[[ Task material open ]]

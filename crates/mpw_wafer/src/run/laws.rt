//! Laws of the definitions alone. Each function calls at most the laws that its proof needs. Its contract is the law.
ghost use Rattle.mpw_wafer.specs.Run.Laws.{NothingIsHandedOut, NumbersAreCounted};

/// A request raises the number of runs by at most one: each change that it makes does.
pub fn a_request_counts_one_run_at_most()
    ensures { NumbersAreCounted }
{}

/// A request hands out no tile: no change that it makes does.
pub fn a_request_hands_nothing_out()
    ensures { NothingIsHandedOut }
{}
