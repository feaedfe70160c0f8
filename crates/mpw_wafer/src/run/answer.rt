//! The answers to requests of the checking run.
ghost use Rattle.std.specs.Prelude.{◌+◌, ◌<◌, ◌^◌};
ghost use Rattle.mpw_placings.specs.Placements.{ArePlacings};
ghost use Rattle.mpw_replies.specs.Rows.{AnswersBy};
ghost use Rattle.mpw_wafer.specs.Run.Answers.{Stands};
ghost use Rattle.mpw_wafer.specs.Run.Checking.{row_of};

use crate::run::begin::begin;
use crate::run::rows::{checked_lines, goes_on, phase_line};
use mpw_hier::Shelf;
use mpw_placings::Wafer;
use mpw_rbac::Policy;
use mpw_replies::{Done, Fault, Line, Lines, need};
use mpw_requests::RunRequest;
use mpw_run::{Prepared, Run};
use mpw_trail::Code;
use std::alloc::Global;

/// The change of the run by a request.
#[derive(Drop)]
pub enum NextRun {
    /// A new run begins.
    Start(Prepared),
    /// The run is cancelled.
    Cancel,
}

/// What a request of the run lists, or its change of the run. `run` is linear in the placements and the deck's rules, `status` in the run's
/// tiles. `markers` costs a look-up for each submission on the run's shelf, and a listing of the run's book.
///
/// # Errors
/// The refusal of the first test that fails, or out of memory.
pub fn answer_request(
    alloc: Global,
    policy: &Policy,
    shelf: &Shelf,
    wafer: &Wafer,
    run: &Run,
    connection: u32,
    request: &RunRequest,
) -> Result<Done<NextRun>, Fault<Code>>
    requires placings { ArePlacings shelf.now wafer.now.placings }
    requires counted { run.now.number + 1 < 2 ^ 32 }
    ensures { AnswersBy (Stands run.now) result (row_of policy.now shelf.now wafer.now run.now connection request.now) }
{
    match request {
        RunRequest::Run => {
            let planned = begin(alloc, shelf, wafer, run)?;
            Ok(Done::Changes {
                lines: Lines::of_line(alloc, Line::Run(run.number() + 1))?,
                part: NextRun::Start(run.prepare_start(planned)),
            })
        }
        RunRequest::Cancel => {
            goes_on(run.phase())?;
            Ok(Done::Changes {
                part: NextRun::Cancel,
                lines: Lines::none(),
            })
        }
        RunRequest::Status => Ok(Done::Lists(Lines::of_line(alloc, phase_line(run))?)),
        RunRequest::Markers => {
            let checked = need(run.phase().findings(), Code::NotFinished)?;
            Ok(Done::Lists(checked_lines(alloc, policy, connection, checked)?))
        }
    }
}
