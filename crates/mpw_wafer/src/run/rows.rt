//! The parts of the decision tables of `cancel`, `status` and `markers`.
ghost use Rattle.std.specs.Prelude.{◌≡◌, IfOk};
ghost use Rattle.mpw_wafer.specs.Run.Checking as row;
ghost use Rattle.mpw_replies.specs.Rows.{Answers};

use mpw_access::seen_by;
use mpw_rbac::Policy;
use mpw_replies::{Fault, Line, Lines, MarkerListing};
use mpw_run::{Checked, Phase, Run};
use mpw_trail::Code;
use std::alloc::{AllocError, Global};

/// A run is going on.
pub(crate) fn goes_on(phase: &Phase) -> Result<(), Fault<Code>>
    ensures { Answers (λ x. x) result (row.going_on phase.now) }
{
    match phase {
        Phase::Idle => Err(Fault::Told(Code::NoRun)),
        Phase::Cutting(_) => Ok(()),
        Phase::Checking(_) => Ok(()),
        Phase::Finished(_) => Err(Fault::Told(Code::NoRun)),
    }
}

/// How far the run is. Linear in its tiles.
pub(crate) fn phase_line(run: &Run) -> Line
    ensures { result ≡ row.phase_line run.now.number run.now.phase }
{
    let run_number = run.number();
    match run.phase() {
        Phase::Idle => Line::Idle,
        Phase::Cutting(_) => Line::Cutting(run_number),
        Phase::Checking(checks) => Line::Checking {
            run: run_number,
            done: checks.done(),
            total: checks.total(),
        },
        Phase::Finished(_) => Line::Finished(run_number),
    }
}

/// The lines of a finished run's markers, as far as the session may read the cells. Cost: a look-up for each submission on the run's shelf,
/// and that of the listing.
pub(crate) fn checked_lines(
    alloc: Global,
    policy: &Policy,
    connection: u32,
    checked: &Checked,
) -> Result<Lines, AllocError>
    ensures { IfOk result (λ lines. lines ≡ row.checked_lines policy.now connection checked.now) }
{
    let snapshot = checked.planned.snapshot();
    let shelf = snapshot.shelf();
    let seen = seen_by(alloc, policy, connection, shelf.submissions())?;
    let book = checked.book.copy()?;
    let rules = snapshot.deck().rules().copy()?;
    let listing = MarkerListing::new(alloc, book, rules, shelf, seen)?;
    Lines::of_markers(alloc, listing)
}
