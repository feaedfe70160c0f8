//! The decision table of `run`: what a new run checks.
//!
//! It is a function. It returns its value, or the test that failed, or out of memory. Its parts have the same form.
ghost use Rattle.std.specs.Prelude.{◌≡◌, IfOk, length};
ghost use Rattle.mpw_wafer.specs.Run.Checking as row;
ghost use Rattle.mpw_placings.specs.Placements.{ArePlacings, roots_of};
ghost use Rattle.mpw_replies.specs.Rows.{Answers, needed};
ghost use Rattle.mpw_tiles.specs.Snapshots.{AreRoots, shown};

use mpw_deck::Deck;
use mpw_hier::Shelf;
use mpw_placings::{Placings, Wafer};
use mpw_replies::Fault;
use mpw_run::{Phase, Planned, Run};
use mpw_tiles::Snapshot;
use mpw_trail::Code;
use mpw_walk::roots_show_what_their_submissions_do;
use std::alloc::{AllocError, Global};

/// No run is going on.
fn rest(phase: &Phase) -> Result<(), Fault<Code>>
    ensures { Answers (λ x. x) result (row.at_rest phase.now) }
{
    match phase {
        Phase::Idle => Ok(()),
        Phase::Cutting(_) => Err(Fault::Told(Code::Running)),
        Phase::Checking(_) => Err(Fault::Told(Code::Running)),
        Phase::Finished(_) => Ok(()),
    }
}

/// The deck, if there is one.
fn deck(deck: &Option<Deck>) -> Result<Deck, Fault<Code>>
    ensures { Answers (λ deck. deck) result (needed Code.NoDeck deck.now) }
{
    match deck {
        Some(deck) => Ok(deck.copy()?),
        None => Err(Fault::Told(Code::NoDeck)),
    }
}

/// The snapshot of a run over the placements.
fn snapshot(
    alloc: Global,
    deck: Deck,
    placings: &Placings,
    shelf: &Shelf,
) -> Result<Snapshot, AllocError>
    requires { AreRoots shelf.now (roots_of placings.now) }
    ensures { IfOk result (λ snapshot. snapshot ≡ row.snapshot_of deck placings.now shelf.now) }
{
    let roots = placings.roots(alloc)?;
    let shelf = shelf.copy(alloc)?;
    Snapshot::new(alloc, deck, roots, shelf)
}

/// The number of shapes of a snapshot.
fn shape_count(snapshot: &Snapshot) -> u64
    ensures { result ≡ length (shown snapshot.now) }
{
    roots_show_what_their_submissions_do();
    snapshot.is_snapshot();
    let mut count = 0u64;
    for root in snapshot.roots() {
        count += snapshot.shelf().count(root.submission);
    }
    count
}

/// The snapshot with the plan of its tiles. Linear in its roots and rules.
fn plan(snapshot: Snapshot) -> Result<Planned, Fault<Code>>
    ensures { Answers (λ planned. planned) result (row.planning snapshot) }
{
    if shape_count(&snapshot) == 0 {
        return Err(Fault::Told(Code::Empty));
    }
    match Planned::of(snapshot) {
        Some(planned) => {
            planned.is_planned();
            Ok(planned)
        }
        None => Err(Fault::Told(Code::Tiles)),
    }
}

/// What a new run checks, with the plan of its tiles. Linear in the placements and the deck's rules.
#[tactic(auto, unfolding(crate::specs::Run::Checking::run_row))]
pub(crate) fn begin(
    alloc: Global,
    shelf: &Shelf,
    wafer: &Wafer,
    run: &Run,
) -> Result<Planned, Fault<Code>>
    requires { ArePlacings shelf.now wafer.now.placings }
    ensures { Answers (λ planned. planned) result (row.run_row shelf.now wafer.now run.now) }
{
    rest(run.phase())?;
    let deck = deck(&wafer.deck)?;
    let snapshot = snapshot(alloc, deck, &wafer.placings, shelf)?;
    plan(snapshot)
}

[[ Task material closed ]]

--- What you will do ---
The lines to copy are those in the listing that contain "RunRequest".

--- Result of the task ---
use mpw_requests::RunRequest;
    request: &RunRequest,
        RunRequest::Run => {
        RunRequest::Cancel => {
        RunRequest::Status => Ok(Done::Lists(Lines::of_line(alloc, phase_line(run))?)),
        RunRequest::Markers => {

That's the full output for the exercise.